Reproduce all entries word for word.

--- Source material ---

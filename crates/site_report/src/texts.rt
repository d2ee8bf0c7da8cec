// The texts of the commands.
ghost use Rattle.std.specs.Prelude.{◌≡◌, ◌≤◌, length, map, All, IfOk, string_bytes};
ghost use Rattle.program.specs.Program.{parts_of};
ghost use Rattle.site_report.specs.Report.{told_by, count_at, count_of, AreCounted, AreNamed, report_text, load_text_of, check_text_of};

use crate::counts::count_of;
use crate::entries::{push_entries, push_entry_lines};
use crate::sites::push_sites;
use byte_texts::{push, push_number};
use ds_base::NoMemory;
use isolate_run::Ended;
use method_lookup::Linked;
use miss_handler::SiteStates;
use std::alloc::Global;

/// The text of `run`: what each entry printed and how it ended, and then a line for each site.
#[tactic(auto, unfolding(crate::specs::Report::report_text))]
pub fn run_text<S: SiteStates>(
    alloc: Global,
    linked: &Linked,
    names: &[String],
    ended: &[Ended],
    states: &S,
) -> Result<Vec<u8>, NoMemory>
    requires as_many { length names.now ≡ length ended.now }
    requires few { length ended.now ≤ 64 }
    requires counted { AreCounted (parts_of linked.now.program) ended.now }
    requires sites { S.sites states.now ≡ length linked.now.program.sites }
    requires named { AreNamed (parts_of linked.now.program) (S.state_at states.now) }
    ensures { IfOk result (λ text. text.items
        ≡ report_text (parts_of linked.now.program) (told_by (map string_bytes names.now) ended.now) (count_at ended.now) (S.state_at states.now) (S.row_at states.now)) }
{
    let mut out = Vec::new(alloc);
    push_entries(alloc, &mut out, names, ended)?;
    push_sites(&mut out, linked, ended, states)?;
    Ok(out)
}

/// The text of `load`: how much there is, a line for each entry, and how often cells were asked.
#[tactic(auto, unfolding(crate::specs::Report::load_text_of))]
pub fn load_text(
    alloc: Global,
    linked: &Linked,
    names: &[String],
    ended: &[Ended],
) -> Result<Vec<u8>, NoMemory>
    requires as_many { length names.now ≡ length ended.now }
    requires few { length ended.now ≤ 64 }
    requires counted { AreCounted (parts_of linked.now.program) ended.now }
    ensures { IfOk result (λ text. text.items
        ≡ load_text_of (parts_of linked.now.program) (told_by (map string_bytes names.now) ended.now) (count_of ended.now)) }
{
    let program = linked.program();
    let mut out = Vec::new(alloc);
    push(&mut out, b"classes ")?;
    push_number(&mut out, program.classes.len())?;
    push(&mut out, b"\nsites ")?;
    push_number(&mut out, program.sites.len())?;
    push(&mut out, b"\n")?;
    push_entry_lines(alloc, &mut out, names, ended)?;
    push(&mut out, b"calls ")?;
    push_number(&mut out, count_of(ended))?;
    push(&mut out, b"\n")?;
    Ok(out)
}

/// The text of `check`: how many classes, methods, selectors and sites there are.
#[tactic(auto, unfolding(crate::specs::Report::check_text_of))]
pub fn check_text(alloc: Global, linked: &Linked) -> Result<Vec<u8>, NoMemory>
    ensures { IfOk result (λ text. text.items ≡ check_text_of (parts_of linked.now.program)) }
{
    let program = linked.program();
    let mut out = Vec::new(alloc);
    push(&mut out, b"ok classes ")?;
    push_number(&mut out, program.classes.len())?;
    push(&mut out, b" methods ")?;
    push_number(&mut out, program.methods.len())?;
    push(&mut out, b" selectors ")?;
    push_number(&mut out, program.selectors.len())?;
    push(&mut out, b" sites ")?;
    push_number(&mut out, program.sites.len())?;
    push(&mut out, b"\n")?;
    Ok(out)
}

---

> Result for this exercise
filename crates/site_report/src/texts.rt
repository d2ee8bf0c7da8cec
// The texts of the commands.
ghost use Rattle.std.specs.Prelude.{◌≡◌, ◌≤◌, length, map, All, IfOk, string_bytes};
ghost use Rattle.program.specs.Program.{parts_of};
ghost use Rattle.site_report.specs.Report.{told_by, count_at, count_of, AreCounted, AreNamed, report_text, load_text_of, check_text_of};

use crate::counts::count_of;
use crate::entries::{push_entries, push_entry_lines};
use crate::sites::push_sites;
use byte_texts::{push, push_number};
use ds_base::NoMemory;
use isolate_run::Ended;
use method_lookup::Linked;
use miss_handler::SiteStates;
use std::alloc::Global;

/// The text of `run`: what each entry printed and how it ended, and then a line for each site.
#[tactic(auto, unfolding(crate::specs::Report::report_text))]
pub fn run_text<S: SiteStates>(
    alloc: Global,
    linked: &Linked,
    names: &[String],
    ended: &[Ended],
    states: &S,
) -> Result<Vec<u8>, NoMemory>
    requires as_many { length names.now ≡ length ended.now }
    requires few { length ended.now ≤ 64 }
    requires counted { AreCounted (parts_of linked.now.program) ended.now }
    requires sites { S.sites states.now ≡ length linked.now.program.sites }
    requires named { AreNamed (parts_of linked.now.program) (S.state_at states.now) }
    ensures { IfOk result (λ text. text.items
        ≡ report_text (parts_of linked.now.program) (told_by (map string_bytes names.now) ended.now) (count_at ended.now) (S.state_at states.now) (S.row_at states.now)) }
{
    let mut out = Vec::new(alloc);
    push_entries(alloc, &mut out, names, ended)?;
    push_sites(&mut out, linked, ended, states)?;
    Ok(out)
}

/// The text of `load`: how much there is, a line for each entry, and how often cells were asked.
#[tactic(auto, unfolding(crate::specs::Report::load_text_of))]
pub fn load_text(
    alloc: Global,
    linked: &Linked,
    names: &[String],
    ended: &[Ended],
) -> Result<Vec<u8>, NoMemory>
    requires as_many { length names.now ≡ length ended.now }
    requires few { length ended.now ≤ 64 }
    requires counted { AreCounted (parts_of linked.now.program) ended.now }
    ensures { IfOk result (λ text. text.items
        ≡ load_text_of (parts_of linked.now.program) (told_by (map string_bytes names.now) ended.now) (count_of ended.now)) }
{
    let program = linked.program();
    let mut out = Vec::new(alloc);
    push(&mut out, b"classes ")?;
    push_number(&mut out, program.classes.len())?;
    push(&mut out, b"\nsites ")?;
    push_number(&mut out, program.sites.len())?;
    push(&mut out, b"\n")?;
    push_entry_lines(alloc, &mut out, names, ended)?;
    push(&mut out, b"calls ")?;
    push_number(&mut out, count_of(ended))?;
    push(&mut out, b"\n")?;
    Ok(out)
}

/// The text of `check`: how many classes, methods, selectors and sites there are.
#[tactic(auto, unfolding(crate::specs::Report::check_text_of))]
pub fn check_text(alloc: Global, linked: &Linked) -> Result<Vec<u8>, NoMemory>
    ensures { IfOk result (λ text. text.items ≡ check_text_of (parts_of linked.now.program)) }
{
    let program = linked.program();
    let mut out = Vec::new(alloc);
    push(&mut out, b"ok classes ")?;
    push_number(&mut out, program.classes.len())?;
    push(&mut out, b" methods ")?;
    push_number(&mut out, program.methods.len())?;
    push(&mut out, b" selectors ")?;
    push_number(&mut out, program.selectors.len())?;
    push(&mut out, b" sites ")?;
    push_number(&mut out, program.sites.len())?;
    push(&mut out, b"\n")?;
    Ok(out)
}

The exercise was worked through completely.